How does Pyarrow read_csv handle different file encodings?

I have a .dat file that I had been reading with pd.read_csv and always needed to use encoding="latin" for it to read properly / without error. When I use pyarrow.csv.read_csv I dont see a parameter to select the encoding of the file but it still works without issue(which is great! but i dont understand why / if it only auto handles certain encodings).

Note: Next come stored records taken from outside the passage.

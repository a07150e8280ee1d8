//! Workers: each goes to the board for a number, answers the point of that number, reports and folds,
//! until the fold has ended or no number is left. A crew of them makes one fold of a list of points,
//! the same at any number of workers.
#![tactic(auto)]

mod crew;
mod member;
mod simulator;
mod tally;
mod worker;

pub use crew::Crew;
pub use simulator::Simulator;
pub use tally::{Tally, run_points};
pub use worker::work;

#[cfg(test)]
mod tests;
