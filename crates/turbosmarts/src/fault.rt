ghost use Rattle.std.specs.Prelude.{◌≡◌};
ghost use Rattle.turbosmarts.specs.Fault.{status_of};

use elf_image::ImageFault;
use livepoint_format::LibraryFault;
use rv_exec::Trap;
use smarts_text::{DesignFault, Status};

/// A fault of the input, or of what the program in it does.
#[derive(Clone, Copy, Debug, PartialEq, Eq)]
pub enum InputFault {
    /// The input is no image that can be run.
    BadImage(ImageFault),
    /// The input is no library.
    BadLibrary(LibraryFault),
    /// The instruction of that number, counted from 0, trapped.
    Trapped { at: u64, trap: Trap },
    /// So many instructions ran with neither exit nor trap.
    BudgetSpent { budget: u64 },
    /// The units of the run can't be sampled, or the library would be too long.
    BadDesign(DesignFault),
}

/// The end that a fault of the input is.
pub fn status_of(fault: InputFault) -> Status
    ensures { result ≡ status_of fault }
{
    match fault {
        InputFault::BadImage(fault) => Status::BadImage(fault),
        InputFault::BadLibrary(fault) => Status::BadLibrary(fault),
        InputFault::Trapped { at, trap } => Status::Trapped { at, trap },
        InputFault::BudgetSpent { budget } => Status::BudgetSpent { budget },
        InputFault::BadDesign(fault) => Status::BadDesign(fault),
    }
}
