ghost use Rattle.std.specs.Prelude.{◌≡◌, ◌<◌, ◌≤◌, length, All, IfOk};
ghost use Rattle.ordered_fold.specs.Batch.{IsHeldAnswer};
ghost use Rattle.confidence.specs.Confidence.{IsInRange};

use super::*;
use confidence::{Answer, PointFault, PointKind, Sums, Test};
use ordered_fold::{Ending, Front};
use smarts_base::{Gate, NoMemory, OpenGate};
use std::alloc::Global;
use std::sync::atomic::{AtomicU64, Ordering};
use std::test::Fail;
use std::thread::Threads;

/// A simulator whose points are their answers.
#[derive(Drop)]
struct Reader;

impl Simulator for Reader {
    ghost use Rattle.ordered_fold.specs.Batch.{IsHeldAnswer};

    type Point = Answer;

    type Setup = ();

    ghost setup = { λ _. tt };

    ghost answer = { λ _ point. point };

    ghost takes = { λ _ point. IsHeldAnswer point };

    fn simulate(&mut self, point: &Answer) -> Answer {
        *point
    }

    ghost held = { λ _ _ is_held. is_held };
}

/// So many answers: ten far apart, and others between them; or all alike; or one of them a fault.
#[derive(Clone, Copy, Debug, PartialEq, Eq)]
enum Kind {
    Alike,
    Scattered,
    Apart,
    FaultAt(u32),
}

fn answer_of(kind: Kind, k: u32) -> Answer
    ensures { IsHeldAnswer result }
{
    let apart = if k % 2 == 0 { 10 } else { 1000 };
    match kind {
        Kind::Alike => Answer::Cycles(16),
        Kind::Scattered => Answer::Cycles(if k < 10 { apart } else { 505 }),
        Kind::Apart => Answer::Cycles(apart),
        Kind::FaultAt(at) => {
            if k == at {
                Answer::Fault(PointFault {
                    kind: PointKind::Missing,
                    pc: 65_536,
                })
            } else {
                Answer::Cycles(apart)
            }
        }
    }
}

fn answers_of(alloc: Global, kind: Kind, count: u32) -> Result<Vec<Answer>, NoMemory>
    ensures long { IfOk result (λ answers. length answers.items ≡ count) }
    ensures held { IfOk result (λ answers. All IsHeldAnswer answers.items) }
{
    let mut answers = Vec::new(alloc);
    for k in 0..count {
        answers.push(answer_of(kind, k))?;
    }
    Ok(answers)
}

fn readers(alloc: Global, workers: usize) -> Result<Vec<Reader>, NoMemory>
    ensures { IfOk result (λ readers. length readers.items ≡ workers) }
{
    let mut readers = Vec::new(alloc);
    for _reader in 0..workers {
        readers.push(Reader)?;
    }
    Ok(readers)
}

/// Counts its calls, and those that weren't told the next number.
#[derive(Drop)]
struct Counting {
    calls: AtomicU64,
    astray: AtomicU64,
}

impl Gate for Counting {
    fn pass(&self, _worker: u32, point: u32) {
        let next = self.calls.fetch_add(1, Ordering::SeqCst);
        if next != u64::from(point) {
            self.astray.fetch_add(1, Ordering::SeqCst);
        }
    }
}

/// Waits until the number is there or above, so long as its turns last. Whether it came.
fn comes(number: &AtomicU64, least: u64) -> bool {
    for _turn in 0..100_000_000u32 {
        if number.load(Ordering::SeqCst) >= least {
            return true;
        }
    }
    false
}

/// The first call of each of two workers waits until the other has called.
#[derive(Drop)]
struct Meeting {
    first: AtomicU64,
    second: AtomicU64,
    met: AtomicU64,
}

impl Gate for Meeting {
    fn pass(&self, worker: u32, _point: u32) {
        let (own, other) = if worker == 0 {
            (&self.first, &self.second)
        } else {
            (&self.second, &self.first)
        };
        if own.fetch_add(1, Ordering::SeqCst) == 0 && comes(other, 1) {
            self.met.fetch_add(1, Ordering::SeqCst);
        }
    }
}

/// The first call of all waits until there were 61 others.
#[derive(Drop)]
struct Holding {
    calls: AtomicU64,
    seen: AtomicU64,
}

impl Gate for Holding {
    fn pass(&self, _worker: u32, _point: u32) {
        if self.calls.fetch_add(1, Ordering::SeqCst) == 0 && comes(&self.calls, 62) {
            let calls = self.calls.load(Ordering::SeqCst);
            self.seen.store(calls, Ordering::SeqCst);
        }
    }
}

/// What a crew makes of so many answers of a kind.
fn tally_of<R: Threads + Sync, G: Gate + Sync>(
    rt: &R,
    alloc: Global,
    answers: &[Answer],
    min: u32,
    workers: usize,
    gate: &G,
) -> Result<Tally, NoMemory>
    requires some { (0 < length answers.now) × (length answers.now ≤ 65536) }
    requires held { All IsHeldAnswer answers.now }
    requires min { (2 ≤ min) × (min ≤ 65536) }
    requires workers { (0 < workers) × (workers ≤ 64) }
{
    let test = Test {
        min,
        z: 3000,
        error: 300,
    };
    run_points(rt, alloc, readers(alloc, workers)?, answers, test, gate)
}

#[test]
fn any_number_of_workers_makes_one_fold(rt: HostRuntime) -> Result<(), Fail> {
    let alloc = rt.alloc();
    let fault = PointFault {
        kind: PointKind::Missing,
        pc: 65_536,
    };
    let cases = [
        (Kind::Alike, 30, Ending::Stopped { count: 30 }, 480),
        (Kind::Alike, 128, Ending::Stopped { count: 128 }, 2048),
        (Kind::Scattered, 2, Ending::Stopped { count: 311 }, 157_055),
        (Kind::Alike, 450, Ending::Stopped { count: 450 }, 7200),
        (Kind::Apart, 2, Ending::Exhausted, 252_500),
        (
            Kind::FaultAt(200),
            2,
            Ending::Faulted { point: 200, fault },
            101_000,
        ),
    ];
    for (kind, min, ending, sum) in cases {
        let answers = answers_of(alloc, kind, 500)?;
        for workers in [1, 2, 3, 8, 64] {
            let tally = tally_of(&rt, alloc, &answers, min, workers, &OpenGate)?;
            assert_eq!(rt; tally.ending, ending, "{kind:?} by {workers}");
            assert_eq!(rt; tally.sums.s1, sum, "{kind:?} by {workers}");
        }
    }
    Ok(())
}

#[test]
fn a_gate_is_told_each_point_in_order(rt: HostRuntime) -> Result<(), Fail> {
    let alloc = rt.alloc();
    let gate = Counting {
        calls: AtomicU64::new(0),
        astray: AtomicU64::new(0),
    };
    let answers = answers_of(alloc, Kind::Scattered, 500)?;
    let tally = tally_of(&rt, alloc, &answers, 2, 1, &gate)?;
    assert_eq!(rt; tally.windows, 311);
    assert_eq!(rt; gate.calls.load(Ordering::SeqCst), 311);
    assert_eq!(rt; gate.astray.load(Ordering::SeqCst), 0);
    Ok(())
}

#[test]
fn two_workers_are_under_way_at_once(rt: HostRuntime) -> Result<(), Fail> {
    let alloc = rt.alloc();
    let meeting = Meeting {
        first: AtomicU64::new(0),
        second: AtomicU64::new(0),
        met: AtomicU64::new(0),
    };
    let answers = answers_of(alloc, Kind::Alike, 62)?;
    let tally = tally_of(&rt, alloc, &answers, 30, 2, &meeting)?;
    assert_eq!(rt; tally.ending, Ending::Stopped { count: 30 });
    assert_eq!(rt; meeting.met.load(Ordering::SeqCst), 2);
    let holding = Holding {
        calls: AtomicU64::new(0),
        seen: AtomicU64::new(0),
    };
    let tally = tally_of(&rt, alloc, &answers, 100, 2, &holding)?;
    assert_eq!(rt; tally.ending, Ending::Exhausted);
    assert_eq!(rt; holding.seen.load(Ordering::SeqCst), 62);
    assert_eq!(rt; tally.windows, 62);
    Ok(())
}
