//! The program: a sampling simulator for RV32IM programs. It reads its input from standard input, writes its
//! answer to standard output, and tells a person about it on standard error.
#![tactic(auto)]

mod commands;
mod ending;
mod fault;
mod folding;
mod measuring;
mod meter;
mod out_of_order;
mod processor;
mod scalar;
mod serving;
mod stages;
mod stop;
mod telling;
#[cfg(test)]
mod tests;
mod top;
mod written;

use smarts_base::OpenGate;
use smarts_io::{ErrorSink, InputSource, OutputSink, write_all};
use smarts_text::{HELP, Status, WordFault, WordKind};
use std::process::ExitCode;
use std::rt::Env;
use std::{env, io};
use telling::tell;
use top::turbosmarts;

/// What `--version` prints.
const VERSION: &str = "turbosmarts 0.1.0\n";

fn main(rt: HostRuntime) -> ExitCode {
    let mut sink = OutputSink::new(rt.stdout());
    let mut lines = ErrorSink::new(rt.stderr());
    let status = match words_of(&rt) {
        Ok(words) => match text_for(&words) {
            Some(text) => match write_all(&mut sink, text.as_bytes()) {
                Ok(()) => Status::Done,
                Err(failed) => tell_fault(
                    &mut lines,
                    Status::WriteFault {
                        taken: failed.taken,
                    },
                ),
            },
            None => {
                let mut source = InputSource::new(rt.stdin());
                turbosmarts(
                    &rt,
                    rt.alloc(),
                    &words,
                    &mut source,
                    &mut sink,
                    &mut lines,
                    &OpenGate,
                )
            }
        },
        Err(status) => tell_fault(&mut lines, status),
    };
    ExitCode::from(status.number())
}

// What is printed for a question about the program itself.
fn text_for(words: &[String]) -> Option<&'static str> {
    let [word] = words else {
        return None;
    };
    match word.as_str() {
        "--help" => Some(HELP),
        "--version" => Some(VERSION),
        _ => None,
    }
}

// Tells of a fault that came before the call of the program, and answers it.
fn tell_fault<F: smarts_io::Sink>(lines: &mut F, status: Status) -> Status {
    let mut text = [0; 64];
    let length = ending::End::of(status).text(&mut text);
    tell(lines, &text[..length]);
    status
}

// The words behind the program's name. A word that isn't text is of no form that a key has.
fn words_of<R: Env + AllocGlobal>(rt: &R) -> Result<Vec<String>, Status> {
    let args = match env::args(rt) {
        Ok(args) => args,
        Err(error) if error.kind() == io::ErrorKind::OutOfMemory => return Err(Status::NoMemory),
        Err(_) => {
            return Err(Status::BadWords(WordFault {
                kind: WordKind::BadValue,
                place: 0,
            }));
        }
    };
    match args.skip(1).collect(rt.alloc()) {
        Ok(words) => Ok(words),
        Err(_) => Err(Status::NoMemory),
    }
}
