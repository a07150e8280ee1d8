use crate::fault::InputFault;
use smarts_base::{NoMemory as Want, Refusal};
use smarts_io::ReadError;

/// Why a command has nothing to write.
#[derive(Clone, Copy, Debug, PartialEq, Eq)]
pub enum Stop {
    /// The source failed, or memory could not be had.
    Read(ReadError),
    /// The input has this fault.
    Fault(InputFault),
}

impl From<ReadError> for Stop {
    ghost use Rattle.std.specs.Prelude.{◌≡◌};
    ghost use Rattle.turbosmarts.specs.declared.stop.Stop.TheVariants.{Read};

    ghost from_gives = { λ error stop. stop ≡ Read error };

    fn from(error: ReadError) -> Stop {
        Stop::Read(error)
    }
}

impl From<Want> for Stop {
    ghost use Rattle.std.specs.Prelude.{◌≡◌};
    ghost use Rattle.smarts_io.specs.declared.reading.ReadError.TheVariants.{NoMemory};
    ghost use Rattle.turbosmarts.specs.declared.stop.Stop.TheVariants.{Read};

    ghost from_gives = { λ _ stop. stop ≡ Read NoMemory };

    fn from(_want: Want) -> Stop {
        Stop::Read(ReadError::NoMemory)
    }
}

impl From<Refusal<InputFault>> for Stop {
    ghost use Rattle.turbosmarts.specs.Served.{stop_of};
    ghost use Rattle.std.specs.Prelude.{◌≡◌};

    ghost from_gives = { λ refusal stop. stop ≡ stop_of refusal };

    fn from(refusal: Refusal<InputFault>) -> Stop {
        match refusal {
            Refusal::Fault(fault) => Stop::Fault(fault),
            Refusal::NoMemory => Stop::Read(ReadError::NoMemory),
        }
    }
}

impl From<library_fold::Stop> for Stop {
    ghost use Rattle.turbosmarts.specs.Served.{stop_at};
    ghost use Rattle.std.specs.Prelude.{◌≡◌};

    ghost from_gives = { λ from stop. stop ≡ stop_at from };

    fn from(stop: library_fold::Stop) -> Stop {
        match stop {
            library_fold::Stop::Read(error) => Stop::Read(error),
            library_fold::Stop::Library(fault) => Stop::Fault(InputFault::BadLibrary(fault)),
        }
    }
}
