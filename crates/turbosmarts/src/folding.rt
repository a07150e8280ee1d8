ghost use Rattle.std.specs.Prelude.{◌≡◌, ◌<◌, ◌≤◌, ℕ, List, length, slice_index};
ghost use Rattle.confidence.specs.Confidence.{IsInRange};
ghost use Rattle.confidence.specs.Sums.{IsCycles};
ghost use Rattle.ordered_fold.specs.Front.{IsSound, front_of, is_going};
ghost use Rattle.smarts_text.specs.Report.{IsReported};
ghost use Rattle.turbosmarts.specs.Folding.{visited, ArePlaces};

use confidence::{Answer, Test};
use ordered_fold::{Ending, Front};
use sample_design::Order;

/// Folds the cycles of the units in the order of visits, until the sample ends.
pub fn fold_in_order(cycles: &[u32], order: &Order, test: &Test) -> Front
    requires some { 0 < length order.now }
    requires few { length order.now ≤ 65536 }
    requires places { ArePlaces order.now (length cycles.now) }
    requires cycles { (p : ℕ) → p < length cycles.now → IsCycles (slice_index cycles.now p) }
    requires test { IsInRange test.now }
    ensures fold { result ≡ front_of (length order.now) test.now (visited cycles.now order.now) }
    ensures sound { IsSound result }
    ensures measured { 1 ≤ result.sums.n }
    ensures reported { IsReported result.ending }
{
    let mut front = Front::new(order.len(), *test);
    for k in 0..order.len() {
        front.push(Answer::Cycles(cycles[order.at(k) as usize]));
        if !is_going(front.ending()) {
            return front;
        }
    }
    front
}

fn is_going(ending: Ending) -> bool
    ensures { result ≡ is_going ending }
{
    matches!(ending, Ending::Going)
}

The only parameters im using are setting the delimiter="|" (with ParseOptions) and auto_dict_encode=True with (ConvertOptions).

How is pyarrow handling different encoding types?

Solution

pyarrow currently has no functionality to deal with different encodings, and assumes UTF8 for string/text data.
But the reason it doesn't raise an error is that pyarrow will read any non-UTF8 strings as a "binary" type column, instead of "string" type.

A small example:

# writing a small file with latin encoding 
with open("test.csv", "w", encoding="latin") as f: 
    f.writelines(["col1,col2\n", "u,ù"])

Reading with pyarrow gives string for the first column (which only contains ASCII characters, thus also valid UTF8), but reads the second column as binary:

>>> from pyarrow import csv 
>>> csv.read_csv("test.csv")
pyarrow.Table
col1: string
col2: binary

With pandas you indeed get an error by default (because pandas has no binary data type, and will try to read all text columns as python strings, thus UTF8):

>>> pd.read_csv("test.csv")
...
UnicodeDecodeError: 'utf-8' codec can't decode byte 0xf9 in position 0: invalid start byte

>>> pd.read_csv("test.csv", encoding="latin")

  col1 col2
0    u    ù